If you're going to get all snarky, do it with some style, please. :D

-clash
clash bowley * Flying Mice Games - an Imprint of Better Mousetrap Games
Flying Mice home page: http://jalan.flyingmice.com/flyingmice.html
Currently Designing: StarCluster 4 - Wavefront Empire
Last Releases: SC4 - Dark Orbital, SC4 - Out of the Ruins,  SC4 - Sabre & World
Blog: I FLY BY NIGHT

Zachary The First

You know, a while back, I read an interesting book as to how the U.S. railroad companies competed against the automobile and air travel in the first half of the 20th century.  Really interesting stuff (especially where the railroad execs refused to change how they did anything and dreided the automobile) and sort of reminded me of the whole gaming hobby/industry discussions.  Two different forms of getting people somewhere--one a lot less flexible in a way, but already established.  Me?  I wish we had more trains, but I like my car.  Fiddlesticks, do I need a nap.

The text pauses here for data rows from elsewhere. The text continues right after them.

#![tactic(auto)]

// No code: the client's demands as theorems over the contracts, one file a demand. specs/ has what they speak of, proofs/ the theorems.
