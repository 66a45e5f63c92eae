//! Class names that no pattern of a filter can safely name, and bytes that are no stream.

use crate::tests::asserted::{holds, same};
use jser_suggest::{SampleFault, Samples};
use std::alloc::{AllocError, AllocGlobal, Global};
use std::process::Abort;

/// A class object of a serializable class with this name, of fewer than 256 bytes.
fn class_named(alloc: Global, name: &[u8]) -> Result<Vec<u8>, AllocError> {
    let mut bytes = Vec::new(alloc);
    bytes.extend_from_slice(b"\xAC\xED\x00\x05\x76\x72\x00")?;
    bytes.push(name.len().min(255) as u8)?;
    bytes.extend_from_slice(name)?;
    bytes.extend_from_slice(b"\x00\x00\x00\x00\x00\x00\x00\x01\x02\x00\x00\x78\x70")?;
    Ok(bytes)
}

/// The units of the name that cannot be written, if that is the answer to a stream with a class of this name.
fn answer_to(rt: &(impl Abort + AllocGlobal), name: &[u8]) -> Option<Vec<u16>> {
    let Ok(bytes) = class_named(rt.alloc(), name) else {
        panic!(rt; "no memory");
    };
    let mut samples = Samples::new(rt.alloc());
    match samples.add(rt.alloc(), &bytes) {
        Ok(()) => None,
        Err(SampleFault::Unwritable(units)) => Some(units),
        Err(SampleFault::Stop(_)) => panic!(rt; "no stream, or no memory"),
    }
}

#[test]
fn names_that_no_pattern_can_safely_name(rt: HostRuntime) {
    let names: [&[u8]; 19] = [
        b"",
        b"A;B",
        b"A=",
        b"a/B",
        b"!A",
        b"A*",
        b"a.**",
        b"A\nB",
        b"A\xC0\x80B",
        b"A\xED\xA0\x80",
        b"A!",
        b"A*B",
        b" A ",
        b"\x1B[2J\x1B[31m",
        b"a.\\u002a",
        b"$(touch x)",
        b"A\xE2\x80\xAE",
        b"A\xC2\xA0",
        b"A\xEE\x80\x80",
    ];
    for name in names {
        holds(&rt, answer_to(&rt, name).is_some(), "it is told");
    }
}

#[test]
fn the_name_is_told(rt: HostRuntime) {
    match answer_to(&rt, b"a.B*") {
        Some(units) => same(
            &rt,
            &units.as_slice(),
            &[0x61, 0x2E, 0x42, 0x2A].as_slice(),
            "the name",
        ),
        None => panic!(rt; "it was taken"),
    }
}

#[test]
fn names_that_can_be_written(rt: HostRuntime) {
    let names: [&[u8]; 7] = [
        b"A",
        b"a.B$C",
        b"a-b.C_9",
        b"9",
        b"\xC3\xA9",
        b"\xE4\xB8\x80",
        b"\xD9\xA3",
    ];
    for name in names {
        holds(&rt, answer_to(&rt, name).is_none(), "it is taken");
    }
}

#[test]
fn no_streams(rt: HostRuntime) {
    let mut samples = Samples::new(rt.alloc());
    for bytes in [b"".as_slice(), b"\xAC\xED\x00", b"\xAC\xED\x00\x05\x78"] {
        let refused = matches!(samples.add(rt.alloc(), bytes), Err(SampleFault::Stop(_)));
        holds(&rt, refused, "it is refused");
    }
}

EDIT:  Clash, can I afford the marbled cover edition of Nobilis?  Or is it that if I have to ask, I can't afford it?
RPG Blog 2

Currently Prepping: Castles & Crusades
Currently Reading/Brainstorming: Mythras
Currently Revisiting: Napoleonic/Age of Sail in Space

Sosthenes

Quote from: flyingmiceIf you;re going to get all snarky, do it with some style, please.

Actually I really had to restrain myself. I honestly do want to know what kind of books are that superfluous. My FLGS isn't that L (and not that F), so I'm mostly doing my shopping via the Interwebs. I might miss the tubes with the crack addict supplements...
 

Balbinus

Quote from: SosthenesActually I really had to restrain myself. I honestly do want to know what kind of books are that superfluous. My FLGS isn't that L (and not that F), so I'm mostly doing my shopping via the Interwebs. I might miss the tubes with the crack addict supplements...

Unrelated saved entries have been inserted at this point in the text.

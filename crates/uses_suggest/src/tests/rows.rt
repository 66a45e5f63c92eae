//! Worked streams and the filters that are suggested for them.

use crate::tests::asserted::same;
use crate::tests::text_of;
use test_support::streams::{
    ARRAY_LIST, EMPTY_STREAM, ENUM_CONSTANT, INT_ARRAY, INT_ARRAY_EMPTY, LINKED_PAIR, PROXY,
};

#[test]
fn no_streams(rt: HostRuntime) {
    let text = text_of(&rt, &[]);
    same(
        &rt,
        &text.as_str(),
        &"maxbytes=0;maxrefs=0;maxdepth=0;maxarray=0;!*",
        "of no streams",
    );
}

#[test]
fn one_stream(rt: HostRuntime) {
    let rows: [(&str, &[u8], &str); 7] = [
        (
            "empty-stream",
            EMPTY_STREAM,
            "maxbytes=4;maxrefs=0;maxdepth=0;maxarray=0;!*",
        ),
        (
            "linked-pair",
            LINKED_PAIR,
            "maxbytes=69;maxrefs=5;maxdepth=3;maxarray=0;List;!*",
        ),
        (
            "int-array",
            INT_ARRAY,
            "maxbytes=35;maxrefs=2;maxdepth=2;maxarray=2;!*",
        ),
        (
            "int-array-empty",
            INT_ARRAY_EMPTY,
            "maxbytes=27;maxrefs=2;maxdepth=2;maxarray=0;!*",
        ),
        (
            "enum-constant",
            ENUM_CONSTANT,
            "maxbytes=55;maxrefs=3;maxdepth=3;maxarray=0;E;java.lang.Enum;!*",
        ),
        (
            "proxy",
            PROXY,
            "maxbytes=98;maxrefs=4;maxdepth=3;maxarray=0;I;java.lang.reflect.Proxy;!*",
        ),
        (
            "array-list",
            ARRAY_LIST,
            "maxbytes=62;maxrefs=3;maxdepth=2;maxarray=0;java.util.ArrayList;!*",
        ),
    ];
    for (name, bytes, wanted) in rows {
        let text = text_of(&rt, &[bytes]);
        same(&rt, &text.as_str(), &wanted, name);
    }
}

#[test]
fn several_streams(rt: HostRuntime) {
    let text = text_of(&rt, &[ARRAY_LIST, LINKED_PAIR, INT_ARRAY, LINKED_PAIR]);
    let wanted = "maxbytes=69;maxrefs=5;maxdepth=3;maxarray=2;List;java.util.ArrayList;!*";
    same(
        &rt,
        &text.as_str(),
        &wanted,
        "the greatest counts, and each name once, in order",
    );
}

#[test]
fn an_array_counts_by_its_element(rt: HostRuntime) {
    // An array of no objects of the class `B`: `[LB;`, with the suid 1.
    let array =
        b"\xAC\xED\x00\x05\x75\x72\x00\x04[LB;\x00\x00\x00\x00\x00\x00\x00\x01\x02\x00\x00\x78\x70\x00\x00\x00\x00";
    let text = text_of(&rt, &[array]);
    same(
        &rt,
        &text.as_str(),
        &"maxbytes=29;maxrefs=2;maxdepth=2;maxarray=0;B;!*",
        "of an array of a class",
    );
}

Here's some I would cite, note that many did well and have now died, but all games die in that sense in the end.

Seventh Sea
Legend of the Five Rings
Brave New World
Any of the old World of Darkness game lines
Tribe 8, sadly, as it could have been much better and there were great ideas
Mongoose's new edition of Runequest
Almost anything else by Mongoose

When I think of others I'll post them.

Zachary, I would compare the above more to zeppelins, for a while they looked like the future but they weren't.  The key difference is you can't battle an intelligent ape on the back of a copy of Nobilis with the same success.

Gabriel

Quote from: BalbinusHere's some I would cite, note that many did well and have now died, but all games die in that sense in the end.

Seventh Sea
Legend of the Five Rings
Brave New World
Any of the old World of Darkness game lines
Tribe 8, sadly, as it could have been much better and there were great ideas
Mongoose's new edition of Runequest
Almost anything else by Mongoose

When I think of others I'll post them.

Zachary, I would compare the above more to zeppelins, for a while they looked like the future but they weren't.  The key difference is you can't battle an intelligent ape on the back of a copy of Nobilis with the same success.

Even though I like the Last Unicorn Games Star Trek RPGs, they definitely fit the bill of coffee table RPGs, along with Lord of the Rings, and the Decipher Trek game.  All were pretty much designed with looks first, functionality as an afterthought.